(Work to be completed): When you write out the entries, keep every line exactly as it appears.
Task inputs: Begin
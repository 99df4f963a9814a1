//! The first due callback of a world (OSGi Compendium 8, chapter 112, "Component Life Cycle"; which of several comes first is our
//! own).
ghost use Rattle.callback_orders.specs.Due.{due_of};
ghost use Rattle.callback_orders.specs.declared.due.DueRef.TheVariants.{Create, Deactivate};
ghost use Rattle.scr_dues.specs.FirstDues.{due_among, due_as, due_for, due_of_all, first_due_in, missing_keys};
ghost use Rattle.scr_dues.specs.Makings.{HoldsUpTo, IsThatFar, nothing_known};
ghost use Rattle.scr_world.specs.Dues.{due_in};
ghost use Rattle.scr_world.specs.Instances.{is_active_phase};
ghost use Rattle.scr_world.specs.Views.{has_holder, references_in, view_of, whiteboard_view};
ghost use Rattle.scr_world.specs.declared.instance.Instance.{Instance};
ghost use Rattle.std.specs.Prelude.{◌≡◌, ◌==◌, ◌&&◌, IfOk, None, Some, false, if◌then◌else◌, is_none, not, option_map};
ghost use Rattle.std.specs.List.{Contains, slice_get};

use crate::due_in_making::due_in_making;
use crate::lean_views::due_view;
use crate::making::Making;
use crate::own_rows::OwnRows;
use crate::readiness::{has_holder, is_active_phase, is_making};
use crate::wanted::missing_keys;
use callback_orders::{DueRef, Key, Phase, due_of};
use prop_map::OutOfMemory;
use scr_world::{Instance, World, ends};
use std::alloc::Global;

// By a view in which nobody is said to hold it: that isn't looked at, unless it is active and ending; nor are other parts.
fn due_by_view(
    alloc: Global,
    own: &OwnRows,
    world: &World,
    phase: Phase,
    ending: bool,
    instance: &Instance,
) -> Result<Option<DueRef>, OutOfMemory>
    requires { (ending && is_active_phase phase) ≡ false }
    ensures { IfOk result (λ due. due ≡ due_as phase ending world.now instance.now) }
{
    let view = due_view(alloc, own, world, phase, ending, instance)?;
    Ok(due_of(&view))
}

// An active one that is ending is deactivated once its drain is posted and nobody holds it.
fn deactivation(own: &OwnRows, world: &World, instance: &Instance) -> Option<DueRef>
    ensures { result ≡ (if instance.now.drained && not (has_holder world.now instance.now) then Some (Deactivate instance.now.number) else None) }
{
    if instance.drained && !has_holder(own, world, instance) {
        Some(DueRef::Deactivate {
            instance: instance.number,
        })
    } else {
        None
    }
}

// What is due for an instance that is in a phase, and ends or doesn't. Whether it is held is asked last.
#[tactic(auto, using(crate::proofs::DueLemmas::none_outstanding, crate::proofs::DueLemmas::leaving))]
fn due_as(
    alloc: Global,
    own: &OwnRows,
    world: &World,
    phase: Phase,
    ending: bool,
    instance: &Instance,
) -> Result<Option<DueRef>, OutOfMemory>
    ensures { IfOk result (λ due. due ≡ due_as phase ending world.now instance.now) }
{
    if instance.callbacks.is_outstanding() {
        return Ok(None);
    }
    let may_leave = ending && is_active_phase(phase);
    if may_leave {
        return Ok(deactivation(own, world, instance));
    }
    due_by_view(alloc, own, world, phase, ending, instance)
}

// What is known of an instance.
fn known_of(making: Making, instance: &Instance) -> Making
    ensures { result ≡ (if instance.now.number == making.instance then making else nothing_known) }
{
    if instance.number == making.instance {
        making
    } else {
        Making::none()
    }
}

// In the making it's looked for from where the instance is known to be.
#[tactic(auto, using(crate::proofs::DueLemmas::as_for))]
fn due_for(
    alloc: Global,
    own: &OwnRows,
    world: &World,
    making: Making,
    instance: &Instance,
) -> Result<Option<DueRef>, OutOfMemory>
    requires { instance.now.number ≡ making.instance → HoldsUpTo instance.now (references_in world.now instance.now) making }
    ensures { IfOk result (λ due. due ≡ due_for world.now instance.now) }
{
    let phase = instance.callbacks.phase();
    let ending = ends(world, instance);
    if is_making(phase) && !ending {
        return due_in_making(alloc, own, world, instance, known_of(making, instance));
    }
    due_as(alloc, own, world, phase, ending, instance)
}

/// The callback of an instance that is due, if one is.
///
/// # Errors
/// Only want of memory.
pub fn due_of_instance(
    alloc: Global,
    own: &OwnRows,
    world: &World,
    instance: &Instance,
) -> Result<Option<DueRef>, OutOfMemory>
    ensures { IfOk result (λ due. due ≡ due_of (view_of world.now instance.now)) }
{
    due_for(alloc, own, world, Making::none(), instance)
}

/// The callback of the whiteboard's instance that is due, if one is.
///
/// # Errors
/// Only want of memory.
pub fn due_of_whiteboard(
    alloc: Global,
    own: &OwnRows,
    world: &World,
) -> Result<Option<DueRef>, OutOfMemory>
    ensures { IfOk result (λ due. due ≡ due_of (whiteboard_view world.now)) }
{
    due_as(alloc, own, world, Phase::Active, false, &world.whiteboard)
}

// What is due for the first of these instances that has something due.
fn due_among(
    alloc: Global,
    own: &OwnRows,
    world: &World,
    making: Making,
    instances: &[Instance],
) -> Result<Option<DueRef>, OutOfMemory>
    requires { (i : Instance) → Contains instances.now i → i.number ≡ making.instance → HoldsUpTo i (references_in world.now i) making }
    ensures { IfOk result (λ due. due ≡ due_among world.now instances.now) }
{
    for instance in instances {
        if let Some(due) = due_for(alloc, own, world, making, instance)? {
            return Ok(Some(due));
        }
    }
    Ok(None)
}

// What is due for the first instance that has something due, the whiteboard's before the others.
fn due_of_all(
    alloc: Global,
    own: &OwnRows,
    world: &World,
    making: Making,
) -> Result<Option<DueRef>, OutOfMemory>
    requires { IsThatFar world.now making }
    ensures { IfOk result (λ due. due ≡ due_of_all world.now) }
{
    match due_as(alloc, own, world, Phase::Active, false, &world.whiteboard)? {
        Some(first) => Ok(Some(first)),
        None => due_among(alloc, own, world, making, world.instances.as_slice()),
    }
}

// The Create of the first of these keys.
fn create_of(keys: &[Key]) -> Option<DueRef>
    ensures { result ≡ option_map Create (slice_get keys.now 0) }
{
    match keys.first() {
        Some(key) => Some(DueRef::Create { key: *key }),
        None => None,
    }
}

fn first_create(alloc: Global, own: &OwnRows, world: &World) -> Result<Option<DueRef>, OutOfMemory>
    ensures { IfOk result (λ due. due ≡ option_map Create (slice_get (missing_keys world.now) 0)) }
{
    let keys = missing_keys(alloc, own, world)?;
    Ok(create_of(&keys))
}

// Keys are asked for only where no instance has something due.
pub(crate) fn first_due_in(
    alloc: Global,
    own: &OwnRows,
    world: &World,
    making: Making,
) -> Result<Option<DueRef>, OutOfMemory>
    requires { IsThatFar world.now making }
    ensures { IfOk result (λ due. due ≡ first_due_in world.now) }
{
    match due_of_all(alloc, own, world, making)? {
        Some(due) => Ok(Some(due)),
        None => first_create(alloc, own, world),
    }
}

/// The first due callback: that of the first instance that has one due, the whiteboard's before the others, else the Create of the
/// first wanted key without an instance.
///
/// # Errors
/// Only want of memory.
pub fn due_in(alloc: Global, own: &OwnRows, world: &World) -> Result<Option<DueRef>, OutOfMemory>
    ensures { IfOk result (λ due. due ≡ due_in world.now) }
{
    first_due_in(alloc, own, world, Making::none())
}

/// Whether nothing is due.
///
/// # Errors
/// Only want of memory.
pub fn is_idle(alloc: Global, own: &OwnRows, world: &World) -> Result<bool, OutOfMemory>
    ensures { IfOk result (λ idle. idle ≡ is_none (due_in world.now)) }
{
    let due = first_due_in(alloc, own, world, Making::none())?;
    Ok(due.is_none())
}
Task inputs: End
(Written answer):
repository 99df4f963a9814a1
//! The first due callback of a world (OSGi Compendium 8, chapter 112, "Component Life Cycle"; which of several comes first is our
//! own).
ghost use Rattle.callback_orders.specs.Due.{due_of};
ghost use Rattle.callback_orders.specs.declared.due.DueRef.TheVariants.{Create, Deactivate};
ghost use Rattle.scr_dues.specs.FirstDues.{due_among, due_as, due_for, due_of_all, first_due_in, missing_keys};
ghost use Rattle.scr_dues.specs.Makings.{HoldsUpTo, IsThatFar, nothing_known};
ghost use Rattle.scr_world.specs.Dues.{due_in};
ghost use Rattle.scr_world.specs.Instances.{is_active_phase};
ghost use Rattle.scr_world.specs.Views.{has_holder, references_in, view_of, whiteboard_view};
ghost use Rattle.scr_world.specs.declared.instance.Instance.{Instance};
ghost use Rattle.std.specs.Prelude.{◌≡◌, ◌==◌, ◌&&◌, IfOk, None, Some, false, if◌then◌else◌, is_none, not, option_map};
ghost use Rattle.std.specs.List.{Contains, slice_get};

use crate::due_in_making::due_in_making;
use crate::lean_views::due_view;
use crate::making::Making;
use crate::own_rows::OwnRows;
use crate::readiness::{has_holder, is_active_phase, is_making};
use crate::wanted::missing_keys;
use callback_orders::{DueRef, Key, Phase, due_of};
use prop_map::OutOfMemory;
use scr_world::{Instance, World, ends};
use std::alloc::Global;

// By a view in which nobody is said to hold it: that isn't looked at, unless it is active and ending; nor are other parts.
fn due_by_view(
    alloc: Global,
    own: &OwnRows,
    world: &World,
    phase: Phase,
    ending: bool,
    instance: &Instance,
) -> Result<Option<DueRef>, OutOfMemory>
    requires { (ending && is_active_phase phase) ≡ false }
    ensures { IfOk result (λ due. due ≡ due_as phase ending world.now instance.now) }
{
    let view = due_view(alloc, own, world, phase, ending, instance)?;
    Ok(due_of(&view))
}

// An active one that is ending is deactivated once its drain is posted and nobody holds it.
fn deactivation(own: &OwnRows, world: &World, instance: &Instance) -> Option<DueRef>
    ensures { result ≡ (if instance.now.drained && not (has_holder world.now instance.now) then Some (Deactivate instance.now.number) else None) }
{
    if instance.drained && !has_holder(own, world, instance) {
        Some(DueRef::Deactivate {
            instance: instance.number,
        })
    } else {
        None
    }
}

// What is due for an instance that is in a phase, and ends or doesn't. Whether it is held is asked last.
#[tactic(auto, using(crate::proofs::DueLemmas::none_outstanding, crate::proofs::DueLemmas::leaving))]
fn due_as(
    alloc: Global,
    own: &OwnRows,
    world: &World,
    phase: Phase,
    ending: bool,
    instance: &Instance,
) -> Result<Option<DueRef>, OutOfMemory>
    ensures { IfOk result (λ due. due ≡ due_as phase ending world.now instance.now) }
{
    if instance.callbacks.is_outstanding() {
        return Ok(None);
    }
    let may_leave = ending && is_active_phase(phase);
    if may_leave {
        return Ok(deactivation(own, world, instance));
    }
    due_by_view(alloc, own, world, phase, ending, instance)
}

// What is known of an instance.
fn known_of(making: Making, instance: &Instance) -> Making
    ensures { result ≡ (if instance.now.number == making.instance then making else nothing_known) }
{
    if instance.number == making.instance {
        making
    } else {
        Making::none()
    }
}

// In the making it's looked for from where the instance is known to be.
#[tactic(auto, using(crate::proofs::DueLemmas::as_for))]
fn due_for(
    alloc: Global,
    own: &OwnRows,
    world: &World,
    making: Making,
    instance: &Instance,
) -> Result<Option<DueRef>, OutOfMemory>
    requires { instance.now.number ≡ making.instance → HoldsUpTo instance.now (references_in world.now instance.now) making }
    ensures { IfOk result (λ due. due ≡ due_for world.now instance.now) }
{
    let phase = instance.callbacks.phase();
    let ending = ends(world, instance);
    if is_making(phase) && !ending {
        return due_in_making(alloc, own, world, instance, known_of(making, instance));
    }
    due_as(alloc, own, world, phase, ending, instance)
}

/// The callback of an instance that is due, if one is.
///
/// # Errors
/// Only want of memory.
pub fn due_of_instance(
    alloc: Global,
    own: &OwnRows,
    world: &World,
    instance: &Instance,
) -> Result<Option<DueRef>, OutOfMemory>
    ensures { IfOk result (λ due. due ≡ due_of (view_of world.now instance.now)) }
{
    due_for(alloc, own, world, Making::none(), instance)
}

/// The callback of the whiteboard's instance that is due, if one is.
///
/// # Errors
/// Only want of memory.
pub fn due_of_whiteboard(
    alloc: Global,
    own: &OwnRows,
    world: &World,
) -> Result<Option<DueRef>, OutOfMemory>
    ensures { IfOk result (λ due. due ≡ due_of (whiteboard_view world.now)) }
{
    due_as(alloc, own, world, Phase::Active, false, &world.whiteboard)
}

// What is due for the first of these instances that has something due.
fn due_among(
    alloc: Global,
    own: &OwnRows,
    world: &World,
    making: Making,
    instances: &[Instance],
) -> Result<Option<DueRef>, OutOfMemory>
    requires { (i : Instance) → Contains instances.now i → i.number ≡ making.instance → HoldsUpTo i (references_in world.now i) making }
    ensures { IfOk result (λ due. due ≡ due_among world.now instances.now) }
{
    for instance in instances {
        if let Some(due) = due_for(alloc, own, world, making, instance)? {
            return Ok(Some(due));
        }
    }
    Ok(None)
}

// What is due for the first instance that has something due, the whiteboard's before the others.
fn due_of_all(
    alloc: Global,
    own: &OwnRows,
    world: &World,
    making: Making,
) -> Result<Option<DueRef>, OutOfMemory>
    requires { IsThatFar world.now making }
    ensures { IfOk result (λ due. due ≡ due_of_all world.now) }
{
    match due_as(alloc, own, world, Phase::Active, false, &world.whiteboard)? {
        Some(first) => Ok(Some(first)),
        None => due_among(alloc, own, world, making, world.instances.as_slice()),
    }
}

// The Create of the first of these keys.
fn create_of(keys: &[Key]) -> Option<DueRef>
    ensures { result ≡ option_map Create (slice_get keys.now 0) }
{
    match keys.first() {
        Some(key) => Some(DueRef::Create { key: *key }),
        None => None,
    }
}

fn first_create(alloc: Global, own: &OwnRows, world: &World) -> Result<Option<DueRef>, OutOfMemory>
    ensures { IfOk result (λ due. due ≡ option_map Create (slice_get (missing_keys world.now) 0)) }
{
    let keys = missing_keys(alloc, own, world)?;
    Ok(create_of(&keys))
}

// Keys are asked for only where no instance has something due.
pub(crate) fn first_due_in(
    alloc: Global,
    own: &OwnRows,
    world: &World,
    making: Making,
) -> Result<Option<DueRef>, OutOfMemory>
    requires { IsThatFar world.now making }
    ensures { IfOk result (λ due. due ≡ first_due_in world.now) }
{
    match due_of_all(alloc, own, world, making)? {
        Some(due) => Ok(Some(due)),
        None => first_create(alloc, own, world),
    }
}

/// The first due callback: that of the first instance that has one due, the whiteboard's before the others, else the Create of the
/// first wanted key without an instance.
///
/// # Errors
/// Only want of memory.
pub fn due_in(alloc: Global, own: &OwnRows, world: &World) -> Result<Option<DueRef>, OutOfMemory>
    ensures { IfOk result (λ due. due ≡ due_in world.now) }
{
    first_due_in(alloc, own, world, Making::none())
}

/// Whether nothing is due.
///
/// # Errors
/// Only want of memory.
pub fn is_idle(alloc: Global, own: &OwnRows, world: &World) -> Result<bool, OutOfMemory>
    ensures { IfOk result (λ idle. idle ≡ is_none (due_in world.now)) }
{
    let due = first_due_in(alloc, own, world, Making::none())?;
    Ok(due.is_none())
}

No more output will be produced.